Junta de Freixiel está a negociar com a pintora para que a sua arte decore espaço multifunções do Vieiro

O Vieiro é o berço da pintora Graça Morais. É ali que a artista continua a beber inspiração para o seu trabalho, seja directamente do que ainda observa ou remexendo nas memórias remanescentes que lhe ficaram da terra que a viu menina.

Até aos 7 anos este foi o seu microcosmo, foi apenas com essa idade que atravessou os limites da aldeia pela primeira vez.
O Vieiro é uma pequena localidade anexa da freguesia de Freixiel, no concelho de Vila Flor, recatadamente aninhada entre fraguedos e olivais. Onde as marcas da intensa e penetrante religiosidade estão patentes na Via-Sacra sinalizada em sete estações dispersas pelas ruas, que mantém traços de ruralidade que outrora era a norma.

Foi desta periferia dentro da própria interioridade que partiu a mais célebre artista transmontana, das pintoras mais conhecidas e nomeadas do país, conhecida e reconhecida no estrangeiro. Através dela o nome do Vieiro tem percorrido o mundo.
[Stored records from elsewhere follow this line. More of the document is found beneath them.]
// The numbers of one gate, as they are lent for its placement.
ghost use Rattle.std.specs.Prelude.{◌≡◌};
ghost use Rattle.placement.specs.Gate.{gate_of};
ghost use Rattle.c_answers.specs.LentNumbers.{KeepsGate, gate_in};

use placement::Placement;

#[derive(Drop)]
pub struct GateMut<'a> {
    pub cell: &'a mut u32,
    pub x: &'a mut i64,
    pub y: &'a mut i64,
    pub mark: &'a mut u8,
}

impl GateMut<'_> {
    // The cell of a gate outside the grid is 4,294,967,295.
    pub fn put(&mut self, placement: Placement)
        ensures written { gate_in self.new ≡ gate_of placement }
        ensures kept { KeepsGate self.old self.new }
    {
        // Kept: the C interface, where this number is no cell.
        *self.cell = placement.cell.unwrap_or(u32::MAX);
        *self.x = placement.x;
        *self.y = placement.y;
        *self.mark = u8::from(placement.mark);
    }
}
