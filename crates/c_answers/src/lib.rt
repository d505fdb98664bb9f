// What our functions answer, as C is told it: the values in what is lent, and a refusal as its number.
#![tactic(auto)]

mod gate;
mod number;
mod record;

pub use gate::GateMut;
pub use number::refusal_number;
pub use record::{answer_field, answer_head, answer_read, answer_write};
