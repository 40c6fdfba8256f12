//! The files that the command line names: opening and reading them, and why the system refuses one.
use std::alloc::{AllocError, Global};
use std::fs::{self, File};
use std::io;

/// A file that cannot be used.
#[derive(Drop)]
pub(crate) struct FileFault {
    /// What was to be done with it: `read` or `write`.
    pub doing: &'static str,
    /// Its name.
    pub name: String,
    /// The reason of the system.
    pub kind: io::ErrorKind,
}

impl FileFault {
    /// The line that says so, with its line feed.
    ///
    /// # Errors
    /// No memory: an allocation failed.
    pub(crate) fn line(&self, alloc: Global) -> Result<String, AllocError> {
        if self.kind == io::ErrorKind::OutOfMemory {
            return String::from_str(alloc, "bidi: out of memory\n");
        }
        let (doing, name) = (self.doing, self.name.as_str());
        let reason = reason(self.kind);
        format!(in alloc; "bidi: cannot {doing} {name}: {reason}\n")
    }
}

// Why the system refuses a file, in words.
fn reason(kind: io::ErrorKind) -> &'static str {
    match kind {
        io::ErrorKind::NotFound | io::ErrorKind::NotADirectory => "no such file",
        io::ErrorKind::IsADirectory => "a directory",
        io::ErrorKind::PermissionDenied => "permission denied",
        io::ErrorKind::StorageFull => "no space is left",
        _ => "the system refuses",
    }
}

/// Opens a file that is to be read. A directory is refused.
pub(crate) fn opened(rt: &HostRuntime, name: &str) -> io::Result<File> {
    let file = fs::open(rt, name)?;
    if file.metadata()?.is_dir() {
        return Err(io::Error::from(io::ErrorKind::IsADirectory));
    }
    Ok(file)
}

/// The file of a page: its name, and what it has. Both are empty if there is none.
#[derive(Drop)]
pub(crate) struct PageFile {
    /// Its name.
    pub name: String,
    /// Its bytes.
    pub bytes: Vec<u8>,
}

/// Reads the file of a page.
///
/// # Errors
/// The system refuses it.
pub(crate) fn page_file(rt: &HostRuntime, name: Option<String>) -> Result<PageFile, FileFault> {
    let Some(name) = name else {
        return Ok(PageFile {
            name: String::new(rt.alloc()),
            bytes: Vec::new(rt.alloc()),
        });
    };
    match fs::read(rt, name.as_str()) {
        Ok(bytes) => Ok(PageFile { name, bytes }),
        Err(error) => Err(FileFault {
            doing: "read",
            name,
            kind: error.kind(),
        }),
    }
}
Mas na localidade poucos vestígios existem de tão ilustre filha, a não ser uma placa numa artéria junto à casa da sua família, que ostenta precisamente a designação «Largo Graça Morais – pintora».

São ainda poucos os turísticas que ali se deslocam em busca dos símbolos e marcas que ajudem a decifrar ou descobrir a obra da artista. “Se vierem visitar a aldeia pouco encontram. Não há um museu, uma sala onde esteja patente alguma obra da Graça Morais, mas nós temos muito orgulho nela. Tem levado o nome da aldeia e do concelho de Vila Flor a toda a parte”, afirmou Manuel Carva, residente no Vieiro.

A junta de freguesia de Freixiel tem vontade de alterar esta situação e convidou a pintora para fazer alguns trabalhos que decorem o Centro Multifunções, um espaço lúdico e de convívio que está a nascer na velha escola primária, que foi recuperada e adaptada para o efeito. A obra está em fase de conclusão, ainda sem data para ser inaugurada. O acordo com Graça Morais “não está completamente firmado”, referiu José Hortelão, tesoureiro da junta de freguesia de Freixiel. O investimento realizado no equipamento cultural, que se situa entre os 80 e os 100 mil euros, é da responsabilidade da Câmara de Vila Flor.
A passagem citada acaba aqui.